----- Dataset records -----
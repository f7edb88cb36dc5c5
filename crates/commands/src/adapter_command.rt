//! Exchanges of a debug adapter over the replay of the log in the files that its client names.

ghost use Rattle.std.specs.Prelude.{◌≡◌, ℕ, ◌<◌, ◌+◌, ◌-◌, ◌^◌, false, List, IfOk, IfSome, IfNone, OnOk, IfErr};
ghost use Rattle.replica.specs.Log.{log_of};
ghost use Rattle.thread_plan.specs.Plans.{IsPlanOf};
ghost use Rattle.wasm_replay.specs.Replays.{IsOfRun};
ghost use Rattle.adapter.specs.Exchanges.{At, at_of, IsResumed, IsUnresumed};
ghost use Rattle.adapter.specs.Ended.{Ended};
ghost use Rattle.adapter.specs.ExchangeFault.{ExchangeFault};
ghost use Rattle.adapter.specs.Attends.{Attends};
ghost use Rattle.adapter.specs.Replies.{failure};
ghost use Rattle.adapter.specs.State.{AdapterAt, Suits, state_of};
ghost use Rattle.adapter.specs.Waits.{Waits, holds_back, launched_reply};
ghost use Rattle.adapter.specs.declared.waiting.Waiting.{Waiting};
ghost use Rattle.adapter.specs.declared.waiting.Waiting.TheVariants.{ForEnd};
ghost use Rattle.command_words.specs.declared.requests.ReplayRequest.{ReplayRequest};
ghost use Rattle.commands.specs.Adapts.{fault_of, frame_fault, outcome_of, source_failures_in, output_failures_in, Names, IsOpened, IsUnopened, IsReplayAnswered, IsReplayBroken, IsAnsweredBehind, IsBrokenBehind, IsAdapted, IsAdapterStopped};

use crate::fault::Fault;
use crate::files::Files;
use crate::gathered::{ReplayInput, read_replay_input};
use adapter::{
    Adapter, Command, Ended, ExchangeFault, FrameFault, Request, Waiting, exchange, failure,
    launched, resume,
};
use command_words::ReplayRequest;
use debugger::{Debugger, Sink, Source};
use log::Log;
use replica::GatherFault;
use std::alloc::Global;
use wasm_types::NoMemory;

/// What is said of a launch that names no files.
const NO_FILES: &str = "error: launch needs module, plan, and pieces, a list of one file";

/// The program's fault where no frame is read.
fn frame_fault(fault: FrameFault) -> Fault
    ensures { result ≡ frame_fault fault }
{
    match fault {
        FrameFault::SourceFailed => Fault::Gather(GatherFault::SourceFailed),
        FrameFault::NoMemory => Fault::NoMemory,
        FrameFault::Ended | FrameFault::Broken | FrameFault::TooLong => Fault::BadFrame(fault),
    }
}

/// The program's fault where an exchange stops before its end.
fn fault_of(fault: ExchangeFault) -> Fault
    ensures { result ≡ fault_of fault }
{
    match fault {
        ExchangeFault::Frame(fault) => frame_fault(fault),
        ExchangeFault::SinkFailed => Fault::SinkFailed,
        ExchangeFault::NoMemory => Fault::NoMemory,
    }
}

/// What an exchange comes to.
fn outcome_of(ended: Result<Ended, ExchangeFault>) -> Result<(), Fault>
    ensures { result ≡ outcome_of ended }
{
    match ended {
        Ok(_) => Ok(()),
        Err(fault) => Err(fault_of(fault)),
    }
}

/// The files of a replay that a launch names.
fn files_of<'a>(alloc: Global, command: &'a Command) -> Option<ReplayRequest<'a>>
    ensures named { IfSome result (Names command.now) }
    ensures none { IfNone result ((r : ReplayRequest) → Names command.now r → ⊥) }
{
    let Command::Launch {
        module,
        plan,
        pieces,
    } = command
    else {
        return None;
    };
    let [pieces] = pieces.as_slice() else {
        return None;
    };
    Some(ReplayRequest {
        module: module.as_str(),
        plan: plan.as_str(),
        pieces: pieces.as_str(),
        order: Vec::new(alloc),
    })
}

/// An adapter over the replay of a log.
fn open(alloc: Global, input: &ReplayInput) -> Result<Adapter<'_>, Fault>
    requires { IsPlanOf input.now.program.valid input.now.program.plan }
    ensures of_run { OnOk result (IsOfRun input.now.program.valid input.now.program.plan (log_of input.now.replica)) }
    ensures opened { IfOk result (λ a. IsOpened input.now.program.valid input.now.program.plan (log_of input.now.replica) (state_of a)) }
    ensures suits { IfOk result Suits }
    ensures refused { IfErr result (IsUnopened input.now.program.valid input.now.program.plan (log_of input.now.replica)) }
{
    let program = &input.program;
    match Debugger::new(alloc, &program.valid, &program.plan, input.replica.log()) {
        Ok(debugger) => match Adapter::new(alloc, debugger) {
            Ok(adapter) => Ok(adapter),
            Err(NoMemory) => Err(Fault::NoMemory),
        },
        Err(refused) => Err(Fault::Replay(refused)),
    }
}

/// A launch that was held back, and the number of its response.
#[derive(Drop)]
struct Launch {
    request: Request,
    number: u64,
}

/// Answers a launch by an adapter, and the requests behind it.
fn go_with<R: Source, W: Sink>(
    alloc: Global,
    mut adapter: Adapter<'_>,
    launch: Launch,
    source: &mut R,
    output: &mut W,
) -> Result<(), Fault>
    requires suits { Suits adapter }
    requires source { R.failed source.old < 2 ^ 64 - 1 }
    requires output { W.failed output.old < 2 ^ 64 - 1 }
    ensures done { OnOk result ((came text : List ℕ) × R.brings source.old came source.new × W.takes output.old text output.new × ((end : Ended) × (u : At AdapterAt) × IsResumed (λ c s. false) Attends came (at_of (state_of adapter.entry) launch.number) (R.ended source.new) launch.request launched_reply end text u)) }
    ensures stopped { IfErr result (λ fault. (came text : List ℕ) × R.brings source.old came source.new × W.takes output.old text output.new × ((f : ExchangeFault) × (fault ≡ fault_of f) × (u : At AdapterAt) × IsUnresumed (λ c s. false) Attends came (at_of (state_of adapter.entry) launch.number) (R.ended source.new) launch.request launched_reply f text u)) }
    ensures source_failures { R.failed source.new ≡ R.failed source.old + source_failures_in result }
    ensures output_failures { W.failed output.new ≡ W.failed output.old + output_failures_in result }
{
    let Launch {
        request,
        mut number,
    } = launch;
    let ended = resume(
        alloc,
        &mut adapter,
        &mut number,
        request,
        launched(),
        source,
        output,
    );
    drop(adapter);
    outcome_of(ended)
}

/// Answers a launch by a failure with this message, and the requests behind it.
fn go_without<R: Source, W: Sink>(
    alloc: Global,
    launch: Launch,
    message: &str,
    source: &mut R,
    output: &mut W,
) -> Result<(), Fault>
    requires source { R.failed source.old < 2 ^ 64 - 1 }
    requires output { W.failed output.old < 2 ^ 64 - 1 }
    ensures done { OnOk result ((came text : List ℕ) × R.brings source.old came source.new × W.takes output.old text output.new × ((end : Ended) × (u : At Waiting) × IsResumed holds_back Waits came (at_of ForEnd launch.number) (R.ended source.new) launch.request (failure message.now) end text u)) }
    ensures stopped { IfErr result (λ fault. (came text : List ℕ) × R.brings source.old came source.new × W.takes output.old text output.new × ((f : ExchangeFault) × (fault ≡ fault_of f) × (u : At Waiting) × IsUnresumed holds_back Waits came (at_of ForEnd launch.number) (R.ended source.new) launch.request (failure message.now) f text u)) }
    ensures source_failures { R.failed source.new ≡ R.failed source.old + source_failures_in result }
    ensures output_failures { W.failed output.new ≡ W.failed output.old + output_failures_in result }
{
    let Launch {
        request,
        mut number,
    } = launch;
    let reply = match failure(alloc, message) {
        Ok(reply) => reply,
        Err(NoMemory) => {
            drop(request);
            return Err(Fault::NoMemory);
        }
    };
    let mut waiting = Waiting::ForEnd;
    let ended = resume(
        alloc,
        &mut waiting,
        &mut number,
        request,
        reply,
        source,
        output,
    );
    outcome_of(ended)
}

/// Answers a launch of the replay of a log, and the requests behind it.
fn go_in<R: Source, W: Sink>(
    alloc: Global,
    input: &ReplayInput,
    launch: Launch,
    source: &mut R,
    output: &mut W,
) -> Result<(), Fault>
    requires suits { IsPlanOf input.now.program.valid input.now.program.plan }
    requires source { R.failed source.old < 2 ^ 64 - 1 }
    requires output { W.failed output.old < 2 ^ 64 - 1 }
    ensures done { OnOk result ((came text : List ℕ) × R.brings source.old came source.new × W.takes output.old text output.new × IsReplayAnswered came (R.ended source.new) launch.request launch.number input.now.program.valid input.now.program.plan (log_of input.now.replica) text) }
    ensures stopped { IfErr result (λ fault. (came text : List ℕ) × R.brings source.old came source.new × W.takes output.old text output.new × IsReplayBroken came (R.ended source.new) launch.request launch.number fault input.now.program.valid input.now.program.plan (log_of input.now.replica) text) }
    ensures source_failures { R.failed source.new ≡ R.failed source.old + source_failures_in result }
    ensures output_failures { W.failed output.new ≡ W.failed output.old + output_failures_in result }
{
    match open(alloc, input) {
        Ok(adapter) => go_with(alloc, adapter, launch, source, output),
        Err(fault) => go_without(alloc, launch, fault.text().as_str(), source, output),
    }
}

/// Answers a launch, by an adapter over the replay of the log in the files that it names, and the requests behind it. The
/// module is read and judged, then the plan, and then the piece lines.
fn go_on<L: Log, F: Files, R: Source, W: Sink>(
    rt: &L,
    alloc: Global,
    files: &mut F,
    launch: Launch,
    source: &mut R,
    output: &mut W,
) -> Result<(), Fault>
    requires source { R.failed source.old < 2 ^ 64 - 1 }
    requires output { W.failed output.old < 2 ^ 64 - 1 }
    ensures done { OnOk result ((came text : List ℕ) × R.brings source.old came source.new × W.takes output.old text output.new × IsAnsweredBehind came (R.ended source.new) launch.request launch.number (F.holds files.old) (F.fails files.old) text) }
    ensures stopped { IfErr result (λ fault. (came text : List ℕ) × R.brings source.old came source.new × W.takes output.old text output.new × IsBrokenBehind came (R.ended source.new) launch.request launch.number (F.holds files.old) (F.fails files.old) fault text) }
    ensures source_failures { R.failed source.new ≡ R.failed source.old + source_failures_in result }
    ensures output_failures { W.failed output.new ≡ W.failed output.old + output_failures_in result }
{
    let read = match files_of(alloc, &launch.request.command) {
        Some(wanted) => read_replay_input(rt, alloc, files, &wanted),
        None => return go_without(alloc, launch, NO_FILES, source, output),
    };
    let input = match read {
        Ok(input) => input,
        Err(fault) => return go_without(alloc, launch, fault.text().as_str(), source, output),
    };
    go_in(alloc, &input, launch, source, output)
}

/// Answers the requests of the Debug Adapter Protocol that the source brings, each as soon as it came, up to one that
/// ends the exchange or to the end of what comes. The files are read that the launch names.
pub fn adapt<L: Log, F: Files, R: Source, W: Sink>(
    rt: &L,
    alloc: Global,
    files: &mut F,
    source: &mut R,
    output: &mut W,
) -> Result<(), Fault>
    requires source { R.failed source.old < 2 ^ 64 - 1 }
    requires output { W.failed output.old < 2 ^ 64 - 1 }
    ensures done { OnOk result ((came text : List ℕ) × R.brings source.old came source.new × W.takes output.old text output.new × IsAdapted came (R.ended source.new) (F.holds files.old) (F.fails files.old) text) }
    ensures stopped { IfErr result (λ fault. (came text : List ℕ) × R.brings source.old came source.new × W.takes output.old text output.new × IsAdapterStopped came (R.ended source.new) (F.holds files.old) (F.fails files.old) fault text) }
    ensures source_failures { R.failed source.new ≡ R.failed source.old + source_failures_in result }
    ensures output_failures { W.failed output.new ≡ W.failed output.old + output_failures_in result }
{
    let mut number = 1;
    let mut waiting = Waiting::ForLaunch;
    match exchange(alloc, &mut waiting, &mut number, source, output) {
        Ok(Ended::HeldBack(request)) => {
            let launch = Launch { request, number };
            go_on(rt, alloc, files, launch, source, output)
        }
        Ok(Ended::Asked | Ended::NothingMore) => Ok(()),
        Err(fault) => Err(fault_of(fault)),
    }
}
-----
Task statement ▸ All that should appear in the response is the run of lines from the first line of the entries through the line containing "its client names.", copied exactly.

Exercise result ▸
repository f7edb88cb36dc5c5
filename crates/commands/src/adapter_command.rt
//! Exchanges of a debug adapter over the replay of the log in the files that its client names.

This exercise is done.